YOUR INSTRUCTIONS: Each line from the one containing "λ m. record" to the last line of the listing below must be reproduced exactly, and nothing more.

SOURCE DATA:
※

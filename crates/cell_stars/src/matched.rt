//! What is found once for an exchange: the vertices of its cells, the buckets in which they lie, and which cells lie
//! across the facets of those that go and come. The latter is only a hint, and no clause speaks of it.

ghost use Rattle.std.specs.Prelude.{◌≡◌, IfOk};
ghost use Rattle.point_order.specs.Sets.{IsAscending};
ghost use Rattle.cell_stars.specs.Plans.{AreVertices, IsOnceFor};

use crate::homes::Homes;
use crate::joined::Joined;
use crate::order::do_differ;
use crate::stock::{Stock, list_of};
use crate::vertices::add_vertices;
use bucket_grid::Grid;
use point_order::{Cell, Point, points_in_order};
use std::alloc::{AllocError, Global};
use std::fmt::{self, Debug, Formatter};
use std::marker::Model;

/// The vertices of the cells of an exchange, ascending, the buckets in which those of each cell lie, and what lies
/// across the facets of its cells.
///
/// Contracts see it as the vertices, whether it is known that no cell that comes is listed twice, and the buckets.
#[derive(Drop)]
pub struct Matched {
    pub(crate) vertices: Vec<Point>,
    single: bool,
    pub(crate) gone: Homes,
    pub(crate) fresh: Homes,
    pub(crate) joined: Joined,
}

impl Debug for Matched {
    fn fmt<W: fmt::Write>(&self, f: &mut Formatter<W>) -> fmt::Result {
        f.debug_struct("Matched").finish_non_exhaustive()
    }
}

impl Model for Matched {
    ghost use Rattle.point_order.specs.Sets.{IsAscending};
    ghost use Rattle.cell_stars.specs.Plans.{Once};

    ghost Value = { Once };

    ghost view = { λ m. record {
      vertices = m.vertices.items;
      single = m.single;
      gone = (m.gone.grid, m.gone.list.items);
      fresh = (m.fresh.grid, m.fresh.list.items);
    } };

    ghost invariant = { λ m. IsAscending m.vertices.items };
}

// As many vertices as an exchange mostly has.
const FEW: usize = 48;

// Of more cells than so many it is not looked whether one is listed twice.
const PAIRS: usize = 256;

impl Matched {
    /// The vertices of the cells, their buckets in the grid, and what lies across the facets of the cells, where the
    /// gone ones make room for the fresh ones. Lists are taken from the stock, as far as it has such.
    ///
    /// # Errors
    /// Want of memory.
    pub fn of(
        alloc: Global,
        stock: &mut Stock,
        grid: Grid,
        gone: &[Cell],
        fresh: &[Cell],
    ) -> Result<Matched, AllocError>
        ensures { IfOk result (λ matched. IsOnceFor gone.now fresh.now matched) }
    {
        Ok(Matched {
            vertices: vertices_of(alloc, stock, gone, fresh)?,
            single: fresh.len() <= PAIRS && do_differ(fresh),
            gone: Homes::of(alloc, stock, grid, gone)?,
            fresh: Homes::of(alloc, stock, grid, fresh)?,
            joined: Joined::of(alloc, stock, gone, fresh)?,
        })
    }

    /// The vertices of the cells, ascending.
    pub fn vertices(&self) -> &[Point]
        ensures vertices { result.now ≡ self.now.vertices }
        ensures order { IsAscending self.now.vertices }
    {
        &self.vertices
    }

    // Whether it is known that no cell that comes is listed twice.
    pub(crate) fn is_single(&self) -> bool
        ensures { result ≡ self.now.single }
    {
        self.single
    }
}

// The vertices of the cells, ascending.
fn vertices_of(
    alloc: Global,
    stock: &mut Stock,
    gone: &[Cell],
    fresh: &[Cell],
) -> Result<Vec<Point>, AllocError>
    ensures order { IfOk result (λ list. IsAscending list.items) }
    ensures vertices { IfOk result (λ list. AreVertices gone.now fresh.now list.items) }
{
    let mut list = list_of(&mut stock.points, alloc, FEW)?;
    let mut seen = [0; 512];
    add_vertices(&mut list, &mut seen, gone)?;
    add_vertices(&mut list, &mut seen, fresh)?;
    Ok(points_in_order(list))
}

※

ANSWER FOR THE TASK:
    ghost view = { λ m. record {
      vertices = m.vertices.items;
      single = m.single;
      gone = (m.gone.grid, m.gone.list.items);
      fresh = (m.fresh.grid, m.fresh.list.items);
    } };

    ghost invariant = { λ m. IsAscending m.vertices.items };
}

// As many vertices as an exchange mostly has.
const FEW: usize = 48;

// Of more cells than so many it is not looked whether one is listed twice.
const PAIRS: usize = 256;

impl Matched {
    /// The vertices of the cells, their buckets in the grid, and what lies across the facets of the cells, where the
    /// gone ones make room for the fresh ones. Lists are taken from the stock, as far as it has such.
    ///
    /// # Errors
    /// Want of memory.
    pub fn of(
        alloc: Global,
        stock: &mut Stock,
        grid: Grid,
        gone: &[Cell],
        fresh: &[Cell],
    ) -> Result<Matched, AllocError>
        ensures { IfOk result (λ matched. IsOnceFor gone.now fresh.now matched) }
    {
        Ok(Matched {
            vertices: vertices_of(alloc, stock, gone, fresh)?,
            single: fresh.len() <= PAIRS && do_differ(fresh),
            gone: Homes::of(alloc, stock, grid, gone)?,
            fresh: Homes::of(alloc, stock, grid, fresh)?,
            joined: Joined::of(alloc, stock, gone, fresh)?,
        })
    }

    /// The vertices of the cells, ascending.
    pub fn vertices(&self) -> &[Point]
        ensures vertices { result.now ≡ self.now.vertices }
        ensures order { IsAscending self.now.vertices }
    {
        &self.vertices
    }

    // Whether it is known that no cell that comes is listed twice.
    pub(crate) fn is_single(&self) -> bool
        ensures { result ≡ self.now.single }
    {
        self.single
    }
}

// The vertices of the cells, ascending.
fn vertices_of(
    alloc: Global,
    stock: &mut Stock,
    gone: &[Cell],
    fresh: &[Cell],
) -> Result<Vec<Point>, AllocError>
    ensures order { IfOk result (λ list. IsAscending list.items) }
    ensures vertices { IfOk result (λ list. AreVertices gone.now fresh.now list.items) }
{
    let mut list = list_of(&mut stock.points, alloc, FEW)?;
    let mut seen = [0; 512];
    add_vertices(&mut list, &mut seen, gone)?;
    add_vertices(&mut list, &mut seen, fresh)?;
    Ok(points_in_order(list))
}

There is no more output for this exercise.